4. Star Trek: Deep Space Nine
Year: 1993-1999
Cast: Avery Brooks, Rene Auberjonois, Terry Farrell, Cirroc Lofton, Colm Meaney, Armin Shimerman, Alexander Siddig, Nana Visitor, Michael Dorn, and Nicole de Boer
Genre: Adventure, Sci-Fi
Rating: TV-PG
Runtime: Season 1-7: 176 episodes
Created By: Rick Berman, Michael Piller
Trailer: Watch here
There’s no doubt that Star Trek is having another fantastic Renaissance with a handful of shows spanning styles and tones, and while you’re enjoying the haunting Picard and hilarious Lower Decks, you should make time to return to the greatest Star Trek series of all time. Set on a space station jointly administered by Starfleet and Bajorans — who were previously brutally occupied by Kardassians — the show took the typical Trek formula and cast of characters but had room to let their stories breathe because they weren’t constantly rocketing off to a new planet to meet new aliens.

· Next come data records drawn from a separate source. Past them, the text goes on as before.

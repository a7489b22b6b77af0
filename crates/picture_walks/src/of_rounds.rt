//! What is drawn of a walk in rounds, beside a ceiling.

ghost use Rattle.std.specs.Prelude.{◌≡◌, IfOk};
ghost use Rattle.ceiling_rounds.specs.InRounds.{total_of};
ghost use Rattle.picture_scene.specs.declared.walk.Kind.TheVariants as kinds;

use crate::going::Going;
use crate::pieces::{Content, Weighed, weigh};
use crate::start::{Start, heaviest};
use base_notes::{Notes, Times};
use ceiling_rounds::InRounds;
use picture_scene::{
    Braces, Edge, Edges, Extent, Kind, Rows, Scene, Shares, TakenEdge, Tallies, Walk,
};
use read_decks::Deck;
use std::alloc::{AllocError, Global};

/// The edges of the hops of a walk.
fn edges_of(alloc: Global, pieces: &[Weighed<'_>]) -> Result<Edges, AllocError> {
    let mut all = Vec::new(alloc);
    for piece in pieces {
        if let (Content::Hop(hop), true) = (piece.content, piece.taken > 0) {
            if let Some(edge) = Edge::of(&hop.visit) {
                let taken = piece.taken;
                all.push(TakenEdge { edge, taken })?;
            }
        }
    }
    Edges::together(alloc, &all)
}

/// Counts the hops of a walk.
fn count(tallies: &mut Tallies, pieces: &[Weighed<'_>]) {
    for piece in pieces {
        if let (Content::Hop(hop), true) = (piece.content, piece.taken > 0) {
            tallies.count(&hop.visit, piece.taken);
        }
    }
}

/// How much of a walk these rows are, which begin with its first.
fn extent_of(walk: Walk, rows: &Rows) -> Extent {
    let mut time = 0u128;
    for hop in rows.hops.iter() {
        time = time.saturating_add(u128::from(hop.visit.took));
    }
    if time < walk.time {
        Extent::Some(rows.shown.len())
    } else {
        Extent::All
    }
}

/// What is drawn of a walk from its beginning; or, where it comes later than that to the location
/// at which it spends most, from the rounds on in which it does so.
fn shown_of(
    alloc: Global,
    walk: Walk,
    pieces: &[Weighed<'_>],
    tallies: &Tallies,
) -> Result<(Rows, Braces, Extent), AllocError> {
    let (rows, braces) = Going::all(alloc, pieces, walk.angle, None)?;
    if let Some((hop, place)) = heaviest(pieces, tallies) {
        if !rows.has_hop_of(place) {
            let start = Start::before(alloc, pieces, hop)?;
            let (rows, braces) = Going::all(alloc, pieces, walk.angle, Some(start))?;
            let extent = Extent::From(rows.first().saturating_add(1), rows.shown.len());
            return Ok((rows, braces, extent));
        }
    }
    let extent = extent_of(walk, &rows);
    Ok((rows, braces, extent))
}

/// What is drawn of a walk in rounds of a deck, a timing table and notes, with its shares.
pub fn of_rounds(
    alloc: Global,
    in_rounds: &InRounds,
    ceiling: u128,
    shares: Shares,
    deck: &Deck,
    times: &Times,
    notes: &Notes,
) -> Result<Scene, AllocError>
    ensures kind { IfOk result (λ scene. scene.walk.kind ≡ kinds.InRounds ceiling) }
    ensures time { IfOk result (λ scene. scene.walk.time ≡ total_of in_rounds.now) }
    ensures shares { IfOk result (λ scene. scene.shares ≡ shares) }
{
    let walk = Walk {
        kind: Kind::InRounds(ceiling),
        angle: in_rounds.angle(),
        time: in_rounds.total(),
    };
    let pieces = weigh(alloc, in_rounds.pieces(), times)?;
    let mut tallies = Tallies::new(alloc)?;
    count(&mut tallies, &pieces);
    tallies.note_flow(alloc, deck, notes)?;
    let (rows, braces, extent) = shown_of(alloc, walk, &pieces, &tallies)?;
    Ok(Scene {
        walk,
        tallies,
        edges: edges_of(alloc, &pieces)?,
        shares,
        rows,
        extent,
        braces,
    })
}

As such, it had a lot to say about Colonizing, freedom fighters and terrorists, religious faith, and duty, yet still found some time to play baseball, too.

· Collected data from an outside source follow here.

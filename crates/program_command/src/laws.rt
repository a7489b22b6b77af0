//! Laws of the definitions, each the contract of a function that does nothing.

ghost use Rattle.std.specs.Prelude.{◌≡◌, ◌∷◌, [], All, Contains, List, Some, codes, true};
ghost use Rattle.clap.specs.Words.{Text, fault_of, takes};
ghost use Rattle.program_command.specs.Line.{NamesFilesOf, drum650, said_by_words, said_of, verbs};

use clap::error::ErrorKind;

/// Each command's name, with a word for each of its files, or for each that has to be named, is a
/// line that is taken, if no word begins with a hyphen. It says that command, with the words as its
/// files in their order.
pub fn each_line_is_taken()
    ensures taken { All (λ verb. (words : List Text) → NamesFilesOf verb words
        → takes drum650 (verb.name ∷ words) ≡ true) verbs }
    ensures said { All (λ verb. (words : List Text) → NamesFilesOf verb words
        → said_by_words (verb.name ∷ words) ≡ Some (verb.name, said_of verb.files words)) verbs }
{}

/// Help is shown of the program and of each command, by `--help` and by `-h`.
pub fn help_is_shown()
    ensures whole { fault_of drum650 (codes "--help" ∷ []) ≡ ErrorKind.DisplayHelp ∷ [] }
    ensures short { fault_of drum650 (codes "-h" ∷ []) ≡ ErrorKind.DisplayHelp ∷ [] }
    ensures each { All (λ verb. fault_of drum650 (verb.name ∷ codes "--help" ∷ [])
        ≡ ErrorKind.DisplayHelp ∷ []) verbs }
    ensures each_short { All (λ verb. fault_of drum650 (verb.name ∷ codes "-h" ∷ [])
        ≡ ErrorKind.DisplayHelp ∷ []) verbs }
{}

/// No words are no line, and there are no words `help` and `--version`.
pub fn no_other_words()
    ensures none { fault_of drum650 [] ≡ ErrorKind.MissingSubcommand ∷ [] }
    ensures version { fault_of drum650 (codes "--version" ∷ []) ≡ ErrorKind.UnknownArgument ∷ [] }
    ensures help { Contains (fault_of drum650 (codes "help" ∷ [])) ErrorKind.InvalidSubcommand }
{}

3. Dexter/Dexter: New Blood
Year: 2006-2013/2021-present
Cast: Michael C. Hall, Jennifer Carpenter, Julie Benz, Erik King, Lauren Velez, David Zayas, James Remar, C.S. Lee, John Lithgow, Julia Stiles, and Jimmy Smits
Genre: Crime Drama, Mystery, Thriller, Dark Comedy, Police Procedural
Rating: TV-MA
Runtime: Season 1-8: 96 episodes/Season 1: 10 episodes
Created By: James Manos Jr./Clyde Phillips
Trailer: Watch here
Dexter Morgan is a blood splatter technician in Miami who loves his sister, excels at work, and kills people with decent regularity. The good news is that he was brought up with a moral code, so he sticks with murdering murderers. The police don’t seem too enthusiastic about that as an excuse, so he’s under constant threat of being discovered by the very people he shares a breakroom with. This series hit hard when it premiered, and it continues to shock, particularly because of its aggressive performances and ability to place Dexter in impossible situations that he juuuuuuuust manages to squeak out of. Most of the time. It eventually went delightfully off the rails, and the revival series New Blood clearly decided that staying grounded was overrated. It remains a guilty beach read in TV form.
2. Chappelle’s Show
Year: 2003-2006
Cast: Dave Chappelle, Charlie Murphy, Donnell Rawlings, and Paul Mooney
Genre: Sketch Comedy
Rating: TV-MA
Runtime: Season 1-3: 28 episodes
Created By: Dave Chappelle, Neal Brennan
Trailer: Watch here
The GOAT that was too good to last. At first glance, there’s nothing groundbreaking about the structure of the sketch series. Dave Chappelle would do some standup and introduced some pre-recorded sketches to a clapping audience — but that standup, and those sketches, changed television. From Charlie Murphy‘s hilarious tales of Hollywood life to the Racial Draft to a very different look for Wayne Brady, Chappelle’s Show dared to push boundaries and go where other shows simply weren’t even thinking about going.
1. Billions
Year: 2016-present
Cast: Paul Giamatti, Damian Lewis, Maggie Siff, David Costabile, Condola Rashad, Asia Kate Dillon, Kelly AuCoin, and Corey Stoll
Genre: Drama
Rating: TV-MA
Runtime: Season 1-6: 72 episodes
Created By: Brian Koppelman, David Levien, Andrew Ross Sorkin
Trailer: Watch here
What whip smart series about prosecuting the super rich for fraud just got a new injection of relevance? This one! Koppelman, Levien, and Sorkin’s show was offering a hip jab against the uber-wealthy, treading that balance beam that allows us to salivate in envy at the lifestyle while deeply, deeply wishing they would get taken down. Based on several real-life fraud cases, the inciting storyline focuses on U.S. Attorney Chuck Rhoades’ attempt to nail charming hedge fund bro Bobby Axelrod for doing a bunch of illegal stuff in order to make and secure his billions. Unsurprisingly, the minds behind Ocean’s 13 and Rounders inject an incredible sense of cool alongside the twisting back stabs and reversals of massive fortune. Watch it for the clever drama, but be sure to take notes on some hot restaurants to check out for your next NYC visit.